Il tutto, per dirne una, mentre i responsabili – la Fondazione? il Comitato Organizzatore? le due Regioni? le diverse città coinvolte? – non hanno ancora sciolto il rebus su dove far svolgere le gare di Pattinaggio (senza escludere un mortificante ritorno all’Oval di Torino …), pur dopo aver tenuto duro sul rifacimento della pista Monti a Cortina: cifra di partenza per gli incolpevoli contribuenti fissata a 85 milioni.

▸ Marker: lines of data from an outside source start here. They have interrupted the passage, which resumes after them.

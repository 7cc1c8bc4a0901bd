// Ticks and fire samples.
ghost use Rattle.std.specs.Prelude.{◌≡◌, ◌+◌, ◌*◌, ◌≤◌};
ghost use Rattle.output.specs.Packets.{bit};
ghost use Rattle.sticks.specs.Sticks.{told_of};
ghost use Rattle.sticks.specs.Ticks.{monitored, axes_aged, ticked, sample_taken, sampled};

use crate::axis::{axis_aged, horizontal, vertical};
use crate::event::is_heard;
use crate::{Sticks, SticksTold, Which};
use output::Short;
use protocol::{Repeat, Settings, StickMode};

impl Sticks {
    // Paused, a tick moves only the clock.
    #[tactic(auto, unfolding(crate::specs::Ticks::ticked, crate::specs::Ticks::ticked_in))]
    pub fn ticked(self, paused: bool, settings: Settings) -> SticksTold
        requires { 16 * self.zero.position + self.one.position ≤ 255 }
        ensures { result ≡ told_of (ticked paused settings self) }
    {
        if paused {
            return self.quiet();
        }
        match settings.stick {
            StickMode::Monitoring { rate } => self.monitored(rate),
            StickMode::StickKeycode { x, y } if is_heard(settings, Which::Zero) => self.axes_aged(
                x, y,
            ),
            _ => self.quiet(),
        }
    }

    // `b` is a sample of the fire button; paused, it is dropped.
    #[tactic(auto, unfolding(crate::specs::Ticks::sampled, crate::specs::Ticks::sampled_in))]
    pub fn sampled(self, paused: bool, settings: Settings, b: u8) -> SticksTold
        requires { 2 * self.bits + b ≤ 255 }
        ensures { result ≡ told_of (sampled paused settings b self) }
    {
        match settings.stick {
            StickMode::Fire if !paused => self.sample_taken(b),
            _ => self.quiet(),
        }
    }

    // Both sticks every `rate` ticks.
    #[tactic(auto, unfolding(crate::specs::Ticks::monitored, crate::specs::Ticks::both))]
    fn monitored(mut self, rate: u8) -> SticksTold
        requires { 16 * self.zero.position + self.one.position ≤ 255 }
        ensures { result ≡ told_of (monitored rate self) }
    {
        if self.ticks < protocol::acts_as(rate) - 1 {
            self.ticks += 1;
            return self.quiet();
        }
        self.ticks = 0;
        SticksTold {
            short: Short::of([
                2 * u8::from(self.zero.trigger) + u8::from(self.one.trigger),
                16 * self.zero.position + self.one.position,
            ]),
            sticks: self,
        }
    }

    // Keycode mode: both axes of stick 0.
    #[tactic(auto, unfolding(crate::specs::Ticks::axes_aged))]
    fn axes_aged(self, kx: Repeat, ky: Repeat) -> SticksTold
        ensures { result ≡ told_of (axes_aged kx ky self) }
    {
        let position = self.zero.position;
        let x = axis_aged(kx, horizontal(position), self.x);
        let y = axis_aged(ky, vertical(position), self.y);
        self.keys_sent(x, y, None)
    }

    // Fire monitoring: the eighth sample sends the byte.
    #[tactic(auto, unfolding(crate::specs::Ticks::sample_taken))]
    fn sample_taken(mut self, b: u8) -> SticksTold
        requires { 2 * self.bits + b ≤ 255 }
        ensures { result ≡ told_of (sample_taken b self) }
    {
        let bits = 2 * self.bits + b;
        if self.samples < 7 {
            self.samples += 1;
            self.bits = bits;
            return self.quiet();
        }
        self.samples = 0;
        self.bits = 0;
        SticksTold {
            short: Short::of([bits]),
            sticks: self,
        }
    }
}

Vedremo all’arrivo.

In sintesi, tutto ancora affidato alle intenzioni e segnatamente al “sogno”. Quelli antipatici e disfattisti che hanno colpevolmente memoria ricordano che l’assegnazione dei XXV Giochi Invernali a Milano-Cortina (dopo il fallimento del ticket Milano-Torino, presidente della Lombardia era ancora il compianto Roberto Maroni) data dal 24 Giugno 2019. La foto di gruppo mostra lo sfrenato giubilo di quel giorno, dove appare anche l’attuale ministro delle finanze Giancarlo Giorgetti (alla cui porta oggi bussano in molti). Sono trascorsi quasi quattro anni, ma siamo ancora ai progetti. Ciò detto, continuiamo pure a sognare, …

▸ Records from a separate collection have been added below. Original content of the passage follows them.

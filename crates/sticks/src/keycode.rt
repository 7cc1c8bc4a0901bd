// The keys of keycode mode as bytes.
ghost use Rattle.std.specs.Prelude.{◌≡◌, ◌++◌, ◌+◌, ◌≤◌, ◌<◌};
ghost use Rattle.output.specs.Packets.{bytes};
ghost use Rattle.output.specs.Short.{short_room, short_of};
ghost use Rattle.sticks.specs.Sticks.{told_of};
ghost use Rattle.sticks.specs.Events.{keys_sent};
ghost use Rattle.sticks.specs.Keycode.{pair_of, scan_of, with_pair, with_code, due_of, IsArrow};

use crate::{AxisTold, Sticks, SticksTold};
use output::Short;

impl Sticks {
    // Both axes of stick 0, and a code.
    pub(crate) fn keys_sent(mut self, x: AxisTold, y: AxisTold, code: Option<u8>) -> SticksTold
        requires { IsArrow x.arrow × IsArrow y.arrow }
        ensures { result ≡ told_of (keys_sent (due_of x) (due_of y) (scan_of code) self) }
    {
        self.x = x.count;
        self.y = y.count;
        SticksTold {
            short: keys(x.arrow, y.arrow, code),
            sticks: self,
        }
    }
}

// The arrow of the horizontal axis, that of the vertical, and a code.
pub(crate) fn keys(x: Option<u8>, y: Option<u8>, code: Option<u8>) -> Short
    requires { IsArrow x × IsArrow y }
    ensures { result ≡ short_of (bytes (pair_of x ++ (pair_of y ++ scan_of code))) }
{
    with_code(with_pair(with_pair(Short::of([]), x), y), code)
}

fn with_pair(short: Short, arrow: Option<u8>) -> Short
    requires { (short.len + 2 ≤ short_room) × IsArrow arrow }
    ensures { result ≡ with_pair arrow short }
{
    match arrow {
        None => short,
        Some(make) => short.add_pair(make),
    }
}

fn with_code(short: Short, code: Option<u8>) -> Short
    requires { short.len < short_room }
    ensures { result ≡ with_code code short }
{
    match code {
        None => short,
        Some(code) => short.add(code),
    }
}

IL COMPLOTTO CHE NON T’ASPETTI

A darne notizia per primo è stato il quotidiano in lingua tedesca Tageszeitung sotto un titolo lapidario: “Komplott in Archive” (24 Marzo 2023). In soldoni, la Procura di Bolzano – nella fattispecie il PM Igor Secco – era chiamata a pronunciarsi su due aspetti della vicenda, sui quali il GIP Walter Pelino – lo stesso che aveva archiviato l’indagine a carico di Alex Schwazer – aveva chiesto un supplemento di indagini: la manomissione delle provette di urine del marciatore e la produzione di prove false da parte dei soggetti internazionali, WADA ed ex-IAAF. Ora si apprende che il giudice Secco ha stabilito che “non ci fossero gli estremi per procedere”, archiviando i due nuovi filoni. Fine? L’esperienza consiglierebbe prudenza.

Ma allo stato dell’arte, pare così posta (finalmente verrebbe da dire, …) una pietra tombale sulla questione doping che – per oltre un decennio – ha visto sotto i riflettori il marciatore Alex Schwazer. Tra le peggiori vicende, se non proprio la peggiore, che nello sport ha segnato questo secolo (calcio a parte, of course). Con schieramenti ferocemente contrapposti tra innocentisti (per la verità in schiacciante maggioranza, compresi i vertici dello sport nazionale imprudentemente a favore, e i più diffusi organi di informazione: partito molto variegato al quale, tra gli ultimi, s’era iscritta perfino la scrittrice Susanna Tamaro, tanto per fare un nome a caso) e convinti colpevolisti.

Uno scontro costruito più sui media che sull’opinione pubblica, un gigantesco tricacarne giudiziario nel quale sono rimasti incolpevolmente incastrati tre professionisti, accusati semplicemente di aver fatto bene il loro lavoro, e che nessuno mai risarcirà delle angosce e delle tensioni con cui hanno dovuto convivere per anni. Per tacere delle importanti somme di denaro che è costata loro la difesa nelle aule del tribunale di Bolzano. Ed a proposito di denaro, chissà quanto è ulteriormente costato al contribuente questo nuovo lungo supplemento di indagini.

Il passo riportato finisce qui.